A “well-known” television industry worker has pleaded not guilty over the $500,000 burglary at top fashion designer Dame Trelise Cooper’s styling room in Auckland.
The 41-year-old man is one of three people charged over the break-in at Cooper’s head office in Newmarket during October.
The two others are a 45-year-old woman, described as a florist in charging documents, and 44-year-old woman, who is linked to a cake retailing business. Both are accused of receiving stolen “Trelise Cooper branded clothing”, court papers read.
During a brief hearing in the Auckland District Court today, the accused man pleaded not guilty to burglary and two charges of obtaining by deception.
His lawyer, David Dickinson, also successfully argued for his client to maintain interim name suppression.
Parts of the man’s affidavit in support of his suppression bid, which was read to the court by Judge David Sharp, said the accused was “well-known” in the Auckland television industry and publicity could severely compromise his business.
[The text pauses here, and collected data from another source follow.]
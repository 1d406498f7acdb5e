//! The end of a run: what is left to be committed, and the clean-up.
ghost use Rattle.std.specs.Prelude.{◌≡◌, ◌≢◌, ◌++◌, [], ℕ, Bool, Err, IfErr, IfOk, None, OnErr, OnOk, not, true, false};
ghost use Rattle.std.specs.List.{list_all};
ghost use Rattle.acq_outside.specs.States.{IsNow};
ghost use Rattle.acq_outside.specs.Stays.{StaysCounting};
ghost use Rattle.board_model.specs.Boards.{first_ready, is_finished, log_of};
ghost use Rattle.board_model.specs.Jobs.{NoneAsks};
ghost use Rattle.commit_journal.specs.Changes.{AreAllStaged, CanRecord, filled_all};
ghost use Rattle.commit_journal.specs.Commits.{KeepsUnchangedFiles, ReadsAllGone};
ghost use Rattle.commit_journal.specs.Runs.{HasCommitted};
ghost use Rattle.journal_model.specs.Rest.{IsIdle, IsSynced, part_bytes};
ghost use Rattle.list_commits.specs.Made.{IsCommitStopped};
ghost use Rattle.list_commits.specs.RecordLaws.{group_of};
ghost use Rattle.run_model.specs.Runs.{is_kept};
ghost use Rattle.update_core.specs.BoardRefinement.{board_of};
ghost use Rattle.update_engine.specs.Session.{EndsWithLog, CommitsAll, MayCommit, LeavesUncommitted, OnlySettles, StopsWhileEnding, names_to_remove, with_removed};

use crate::gathering::gather;
use crate::settling::install_all;
use acq_base::{NoMemory, Row, Text};
use acq_outside::Disk;
use commit_journal::{Change, Journal};
use list_commits::{commit_groups, drops_of, loose_names, removed_of};
use run_jobs::RunError;
use std::alloc::Global;
use update_core::Board;
use update_model::{RunLog, Verdict2};

/// Settles what is ready once no item asks: one by one it is committed, and together its changes are for one commit.
///
/// `DiskFault` only where the disk's count of faults rose, and never `BadJournal`.
pub fn settle_last<D: Disk>(
    alloc: Global,
    together: bool,
    disk: &mut D,
    journal: &mut Journal,
    board: &mut Board,
) -> Result<Row<Row<Change>>, RunError>
    requires { MayCommit (board_of board.old) (D.trace disk.old) }

    ensures frame { StaysCounting RunError.DiskFault D.Disk disk.old disk.new result }
    ensures undamaged { (at : ℕ) → result ≢ Err (RunError.BadJournal at) }

    ensures none { OnOk result (first_ready (board_of board.new).slots ≡ None) }
    ensures only { OnOk result (OnlySettles (board_of board.old) (board_of board.new)) }

    ensures bare { together ≡ true → D.trace disk.new ≡ D.trace disk.old }
    ensures leaves { IfOk result (LeavesUncommitted together (board_of board.old) (board_of board.new) (D.trace disk.old) (D.trace disk.new)) }
    ensures idle { OnOk result (IsNow IsIdle (D.trace disk.new)) }
    ensures stops { (cleanup : Bool) → IfErr result (λ error. StopsWhileEnding error together cleanup (board_of board.old) (D.trace disk.old) (D.trace disk.new)) }
{
    if together {
        let groups = gather(alloc, board)?;
        return Ok(groups);
    }
    install_all(alloc, disk, journal, board)?;
    Ok(Row::new(alloc))
}

/// The log of a board on which nothing is asked and no source is ready.
pub fn end_board<D: Disk>(board: Board, disk: &D) -> RunLog
    requires stands { MayCommit (board_of board) (D.trace disk.now) }
    requires quiet { NoneAsks (board_of board) }
    requires none { first_ready (board_of board).slots ≡ None }
    ensures finished { is_finished (board_of board) ≡ true }
    ensures log { result ≡ log_of (board_of board) }
{
    let _disk = disk;
    board.into_log()
}

/// Whether no source is kept for a cause.
fn none_is_kept(verdicts: &[Verdict2]) -> bool
    ensures { result ≡ list_all (λ verdict. not (is_kept verdict)) verdicts.now }
{
    verdicts.iter().all(|verdict| !is_kept_for(verdict))
}

/// Whether a source is kept for a cause.
fn is_kept_for(verdict: &Verdict2) -> bool
    ensures { result ≡ is_kept verdict.now }
{
    match verdict {
        Verdict2::Kept(_) => true,
        _ => false,
    }
}

/// Adds the removal of these names, which belong to no source, where they are to go and there are any; the log tells those
/// of lists.
pub fn add_clean_up(
    alloc: Global,
    cleanup: bool,
    loose: Row<Text>,
    log: &mut RunLog,
    groups: &mut Row<Row<Change>>,
) -> Result<(), NoMemory>
    requires { log.old.removed ≡ [] }
    ensures groups { OnOk result (groups.new ≡ groups.old ++ group_of (names_to_remove cleanup log.old.verdicts loose)) }
    ensures log { OnOk result (log.new ≡ with_removed log.old (names_to_remove cleanup log.old.verdicts loose)) }
{
    if !cleanup || !none_is_kept(log.verdicts.as_slice()) || loose.is_empty() {
        return Ok(());
    }
    log.removed = removed_of(alloc, loose.as_slice())?;
    groups.push(drops_of(alloc, loose)?)?;
    Ok(())
}

/// Commits what is left, if anything is.
///
/// The changes can be recorded, each staged file is there and lasts, and the journal is open for commits. `DiskFault` only
/// where the disk's count of faults rose, and never `BadJournal`.
pub fn commit_last<D: Disk>(
    alloc: Global,
    disk: &mut D,
    journal: &mut Journal,
    groups: Row<Row<Change>>,
) -> Result<(), RunError>
    requires changes { CanRecord groups }
    requires staged { IsNow (AreAllStaged groups) (D.trace disk.old) }
    requires idle { IsNow IsIdle (D.trace disk.old) }

    ensures frame { StaysCounting RunError.DiskFault D.Disk disk.old disk.new result }
    ensures undamaged { (at : ℕ) → result ≢ Err (RunError.BadJournal at) }

    ensures some { OnErr result (groups ≢ []) }
    ensures dry { result ≡ Err RunError.NoMemory → D.trace disk.new ≡ D.trace disk.old }

    ensures synced { IsNow IsSynced (D.trace disk.old) → IsNow IsSynced (D.trace disk.new) }
    ensures idle { OnOk result (IsNow IsIdle (D.trace disk.new)) }
    ensures none { groups ≡ [] → D.trace disk.new ≡ D.trace disk.old }
    ensures others { groups ≢ [] → KeepsUnchangedFiles groups (D.trace disk.old) (D.trace disk.new) }
    ensures gone { groups ≢ [] → OnOk result (IsNow (ReadsAllGone groups) (D.trace disk.new)) }
    ensures done { groups ≢ [] → OnOk result (HasCommitted (filled_all (part_bytes (D.trace disk.old)) groups) (D.trace disk.old) (D.trace disk.new)) }
    ensures stopped { OnErr result (IsCommitStopped (filled_all (part_bytes (D.trace disk.old)) groups) (D.trace disk.old) (D.trace disk.new)) }
{
    if groups.is_empty() {
        return Ok(());
    }
    commit_groups(alloc, journal, disk, groups)?;
    Ok(())
}

/// The end of a run on whose board no item asks: what is ready is settled and committed, then the clean-up.
///
/// `DiskFault` only where the disk's count of faults rose, and never `BadJournal`.
pub fn end_run<D: Disk>(
    alloc: Global,
    together: bool,
    cleanup: bool,
    disk: &mut D,
    journal: &mut Journal,
    board: Board,
) -> Result<RunLog, RunError>
    requires stands { MayCommit (board_of board) (D.trace disk.old) }
    requires quiet { NoneAsks (board_of board) }

    ensures frame { StaysCounting RunError.DiskFault D.Disk disk.old disk.new result }
    ensures undamaged { (at : ℕ) → result ≢ Err (RunError.BadJournal at) }

    ensures asks { IfOk result (λ log. log.asks ≡ (board_of board).asks) }
    ensures idle { OnOk result (IsNow IsIdle (D.trace disk.new)) }
    ensures ends { IfOk result (EndsWithLog cleanup (board_of board) (D.trace disk.old)) }
    ensures stops { IfErr result (λ error. StopsWhileEnding error together cleanup (board_of board) (D.trace disk.old) (D.trace disk.new)) }
    ensures ended { IfOk result (CommitsAll together cleanup (board_of board) (D.trace disk.old) (D.trace disk.new)) }
{
    let mut board = board;
    let mut groups = settle_last(alloc, together, disk, journal, &mut board)?;
    let loose = loose_names(alloc, disk, board.sources())?;
    let mut log = end_board(board, disk);
    add_clean_up(alloc, cleanup, loose, &mut log, &mut groups)?;
    commit_last(alloc, disk, journal, groups)?;
    Ok(log)
}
The court heard publishing the man’s name may also lead to the identification of the other defendants, who have interim name suppression, and that continued publicity surrounding the case may prejudice his fair trial rights.
“Your fair trial rights are sufficient to overcome the burden on you for the basis of interim name suppression,” Judge Sharp said.
The man was remanded on bail and will next appear in court alongside the two women in March.
His arrest came after police conducted a search of a property in central Auckland last month.
During the search, police said they recovered “a significant amount” of the clothing which was to be returned to Cooper.
After discovering about $500,000 worth of high-end couture had been stolen some time after 4pm on October 17, Cooper said she was devastated.
The world-famous designer said on social media that her entire 2021 spring and summer samples were gone, leaving only “one lonely hanger”.
“Along with a number of our unique couture pieces. 1800 samples gone.”
Speaking to the Herald after the break-in, Cooper said the thief or thieves broke into the styling room through a vent in an electrical room.
“I feel violated. I feel bad for my staff. We have kind of taken it as a kick in the guts,” she said.
It was the first time her head office had been burgled in 25 years, although someone unsuccessfully tried to break into the building 14 years ago, Cooper said.
The building was alarmed and monitored by security guards but did not have CCTV.
Cooper, whose designs have been worn by international celebrities, said she was now installing cameras.